I'm worried that he views me as a project he can gradually mold to his liking, while I feel that, when you're with someone, they ought to love you just as you are; you alone are enough.

Have standards, of course, and preferences/deal breakers are OK, but that's not what this is about because he knew exactly how I was from the start -- no bait and switch here.

I have made compromises with him, which doesn't bother me, but my fear is that I'm not enough, and he will eventually try to completely change me. This makes me feel rejected.

Also, he may be exhibiting red flags, but I'm not sure. He "doesn't allow" me to have any social media accounts because his ex used one to contact another man with whom she wanted to cheat.

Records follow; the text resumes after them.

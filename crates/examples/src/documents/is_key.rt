ghost use Rattle.std.specs.Prelude.{◌≡◌, ◌↔◌, IsTrue};
ghost use Rattle.sec1.specs.Keys.{IsKeyOf, Key};

use sec1::EcPrivateKey;

/// Returns whether the bytes are those of a key: the tree of some key has them.
pub fn is_key(bytes: &[u8]) -> bool
    ensures { IsTrue result ↔ ((key : Key) × IsKeyOf key bytes.now) }
{
    EcPrivateKey::try_from(bytes).is_ok()
}
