ghost use Rattle.sec1.specs.Der.{element_of};
ghost use Rattle.std.specs.Prelude.{◌≡◌, ◌≤◌, ℕ, IfOk, IsOkAnd, List, Some, length};

use sec1::der::{self, EncodeValue, Tagged};

/// Writes a value at the beginning of a buffer and returns its bytes.
pub fn element_in<'b, T: EncodeValue + Tagged>(
    value: &T,
    buffer: &'b mut [u8],
) -> der::Result<&'b [u8]>
    ensures found { IfOk result
        (λ bytes. element_of T.tag_byte (T.content value.now) ≡ Some bytes.now) }
    ensures only { (bytes : List ℕ) → element_of T.tag_byte (T.content value.now) ≡ Some bytes
        → length bytes ≤ length buffer.old → IsOkAnd result (λ written. written.now ≡ bytes) }
{
    let n = der::encode_to_slice(value, buffer)?;
    Ok(&buffer[..n])
}
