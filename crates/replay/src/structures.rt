//! Structures that are read and written again: keys, certificates, containers and signatures. A
//! line has the fields and whether they are written as they were read, or the kind of the error by
//! which the structure is refused.

use crate::fields::{
    certificate, ec_private_key, one_asymmetric_key, private_key_info, public_key_info, signature,
};
use crate::streams::error_name;
use crate::words::joined;
use pkix::{Certificate, EcdsaSigValue, OneAsymmetricKey, PrivateKeyInfo, SubjectPublicKeyInfo};
use sec1::EcPrivateKey;
use sec1_der::{EncodeValue, ErrorKind, Tagged, to_der};
use std::alloc::{AllocError, Global};

/// Returns `same` if the value is written as these bytes, otherwise `different`.
fn written<T: EncodeValue + Tagged>(alloc: Global, value: &T, bytes: &[u8]) -> &'static str {
    match to_der(alloc, value) {
        Ok(der) if der.as_slice() == bytes => "same",
        _ => "different",
    }
}

/// Returns `true` if the key is written into a slice as these bytes.
fn fills_slice(alloc: Global, key: &EcPrivateKey, bytes: &[u8]) -> bool {
    let Ok(mut room) = bytes.to_vec(alloc) else {
        return false;
    };
    room.fill(0xAA);
    key.encode_to_slice(&mut room) == Ok(bytes.len()) && room.as_slice() == bytes
}

/// Returns `same` if the key is written as these bytes, both into a slice and into a vector,
/// otherwise `different`.
fn written_key(alloc: Global, key: &EcPrivateKey, bytes: &[u8]) -> &'static str {
    match key.to_der(alloc) {
        Ok(der) if der.as_slice() == bytes && fills_slice(alloc, key, bytes) => "same",
        _ => "different",
    }
}

/// Returns the line for a structure with these fields.
fn line<T: EncodeValue + Tagged>(
    alloc: Global,
    fields: Result<String, AllocError>,
    value: &T,
    bytes: &[u8],
) -> Result<String, AllocError> {
    joined(
        alloc,
        " ",
        [fields, written(alloc, value, bytes).to_string(alloc)],
    )
}

/// Returns the line for a structure that is refused.
fn refused(alloc: Global, kind: ErrorKind) -> Result<String, AllocError> {
    format!(in alloc; "refused: {kind:?}")
}

/// Returns the line for an EC private key.
fn ec_private_key_line(alloc: Global, bytes: &[u8]) -> Result<String, AllocError> {
    match EcPrivateKey::try_from(bytes) {
        Ok(key) => {
            let written = written_key(alloc, &key, bytes).to_string(alloc);
            joined(alloc, " ", [ec_private_key(alloc, &key), written])
        }
        Err(error) => joined(
            alloc,
            " ",
            ["refused:".to_string(alloc), error_name(alloc, &error)],
        ),
    }
}

/// Returns the line for a certificate.
fn certificate_line(alloc: Global, bytes: &[u8]) -> Result<String, AllocError> {
    match Certificate::from_der(bytes) {
        Ok(value) => line(alloc, certificate(alloc, &value), &value, bytes),
        Err(e) => refused(alloc, e.kind),
    }
}

/// Returns the line for a public key.
fn public_key_line(alloc: Global, bytes: &[u8]) -> Result<String, AllocError> {
    match SubjectPublicKeyInfo::from_der(bytes) {
        Ok(value) => line(alloc, public_key_info(alloc, &value), &value, bytes),
        Err(e) => refused(alloc, e.kind),
    }
}

/// Returns the line for a container of a private key, of version 0 or 1.
fn private_key_line(alloc: Global, bytes: &[u8]) -> Result<String, AllocError> {
    match PrivateKeyInfo::from_der(bytes) {
        Ok(value) => line(alloc, private_key_info(alloc, &value), &value, bytes),
        // The version is the first value, and one of another version is refused as Value.
        Err(e) if e.kind == ErrorKind::Value => one_asymmetric_key_line(alloc, bytes),
        Err(e) => refused(alloc, e.kind),
    }
}

/// Returns the line for a container of version 1.
fn one_asymmetric_key_line(alloc: Global, bytes: &[u8]) -> Result<String, AllocError> {
    match OneAsymmetricKey::from_der(bytes) {
        Ok(value) => line(alloc, one_asymmetric_key(alloc, &value), &value, bytes),
        Err(e) => refused(alloc, e.kind),
    }
}

/// Returns the line for a signature.
fn signature_line(alloc: Global, bytes: &[u8]) -> Result<String, AllocError> {
    match EcdsaSigValue::from_der(bytes) {
        Ok(value) => line(alloc, signature(alloc, &value), &value, bytes),
        Err(e) => refused(alloc, e.kind),
    }
}

/// Returns the line for a structure with this name. `rest` has its digits.
pub fn answer(alloc: Global, name: &[u8], rest: &[u8]) -> Result<String, AllocError> {
    match hex::decode(alloc, rest) {
        Ok(bytes) => line_of(alloc, name, &bytes),
        Err(_) => "no such line".to_string(alloc),
    }
}

/// Returns the line for a structure with this name and these bytes.
fn line_of(alloc: Global, name: &[u8], bytes: &[u8]) -> Result<String, AllocError> {
    match name {
        b"ec-private-key" => ec_private_key_line(alloc, bytes),
        b"certificate" => certificate_line(alloc, bytes),
        b"public-key-info" => public_key_line(alloc, bytes),
        b"private-key-info" => private_key_line(alloc, bytes),
        b"signature" => signature_line(alloc, bytes),
        _ => "no such line".to_string(alloc),
    }
}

One of his huge deal breakers is me working, so he doesn't want me to have a job as long as we're together (he makes lots of money, and spoils me, if it matters).

I asked him earlier and he did imply that I'm enough for him. He has said he wants to marry me and even bought us a house. He claims to be madly in love with me too. He has spent thousands getting my teeth fixed and will pay for my much-desired sterilization.

If I was indeed enough, though, he wouldn't have alluded to people reinventing themselves when they get older because I'd be OK now. 

I don't know...maybe he is ignorantly misguided (we have a huge age gap, BTW).


----------



## Dr. Feelgood (Apr 19, 2016)

Men and women communicate differently: women are sensitive to the subtexts of messages, whereas men tend to be more literal. You're picking up on messages that he _may_ not be aware he's sending. It sounds as if you need to confront him with what you're feeling and to ask him, point-blank, exactly what he means and what he wants.

FWIW, it sounds to me as if he is a control freak who wants total obedience from you. You say that he wants to regulate your social contacts and to prevent you from working, which keeps you economically dependent on him. If you're okay with this, go for it; if it were me (which, of course, it isn't) I'd run like hell.


----------



## Tad (Apr 19, 2016)

Dr. Feelgood said:


> FWIW, it sounds to me as if he is a control freak who wants total obedience from you. You say that he wants to regulate your social contacts and to prevent you from working, which keeps you economically dependent on him. If you're okay with this, go for it; if it were me (which, of course, it isn't) I'd run like hell.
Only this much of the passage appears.